Tuesday, January 10, 2012

My Morning Cup

My cousin just remodeled her kitchen. It’s amazing. She has a stove that cooks food with an induction system and can actually sense when a pan has been removed from the heat-source, in which case it will automatically turn off. And you don’t have to wait for the stove to heat-up. It’s instantaneous. So is the hot water, which comes boiling hot out of the tap if you want it to.

Making the coffee has never been easier. Dump the grinds in the bistro, place it under the spicket and voila: your morning brew. But even that method is somewhat passé with the advent of George Clooney’s Nespresso machine (all the rage here in France). Put the capsule in and out comes a perfect cappuccino.

But isn’t this missing the point almost entirely? Preparing the perfect cappuccino is a goal—you should have to work for it. It’s an achievement of sorts, small as it may be. Like completing a crossword puzzle or solving a rubik’s cube, or making the perfect pie crust. These are the small rewards of daily life that give us affirmation.
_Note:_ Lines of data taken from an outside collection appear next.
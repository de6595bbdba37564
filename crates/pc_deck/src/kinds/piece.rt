//! PIECE: a further piece of an activity's cost.
ghost use Rattle.pc_faults.specs.declared.kind.Kind.TheVariants as kinds;
ghost use Rattle.pc_deck.specs.Piece.{piece_kind, piece_card};
ghost use Rattle.pc_deck.specs.WrittenKinds.{written_of};

use pc_cards::card::{Card, Layout};
use pc_cards::field::{Misfit, read_amount, read_code};
use pc_cards::form::{FieldForm, SLOPE, Slot};
use pc_cards::sort::Sort;
use pc_faults::Kind;
use pc_model::{MAX_DURATION, MAX_SLOPE};
use pc_records::{Fields, Records};
use pc_text::{Code, digits};
use std::alloc::AllocError;

/// A PIECE card: a further piece of an activity's cost. After the units at the slope of the ACT card, it costs `slope`
/// to take off each of these `units`.
#[derive(Clone, Copy)]
pub struct PieceCard {
    pub row: u32,
    pub activity: Code,
    pub units: u64,
    pub slope: u64,
}

const UNITS: FieldForm = FieldForm::Number {
    least: 1,
    most: MAX_DURATION,
};

const SLOTS: [Slot; 3] = [(2, FieldForm::Code), (3, UNITS), (4, SLOPE)];

impl Card for PieceCard {
    ghost slots = { piece_kind.slots };

    ghost least = { 4 };

    ghost most = { 4 };

    ghost spelled = { piece_card };

    ghost written = { (written_of kinds.Piece).written };

    fn layout(_: Sort) -> Layout {
        Layout {
            slots: &SLOTS,
            least: 4,
            most: 4,
        }
    }

    fn read<F: Fields>(_: Sort, row: u32, fields: &F) -> Result<PieceCard, Misfit> {
        Ok(PieceCard {
            row,
            activity: read_code(fields, 2)?,
            units: read_amount(fields, 3, 1, MAX_DURATION)?,
            slope: read_amount(fields, 4, 0, MAX_SLOPE)?,
        })
    }

    fn put<R: Records>(self, kind: Kind, text: &mut R) -> Result<(), AllocError> {
        text.put(&[
            kind.word(),
            self.activity.bytes(),
            digits(self.units).bytes(),
            digits(self.slope).bytes(),
        ])
    }
}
One of the things I miss from home is the green iron kettle that used to sit on my stovetop. I never moved it because I used it every morning to make coffee. First thing after stumbling out of bed, I filled it with water and lit the stove. Then I ground the beans. The sound of beans being poured into the grinder followed by the scent of freshly milled coffee was a welcome greeting. The kettle let out a low hum, telling me it was time to add the water.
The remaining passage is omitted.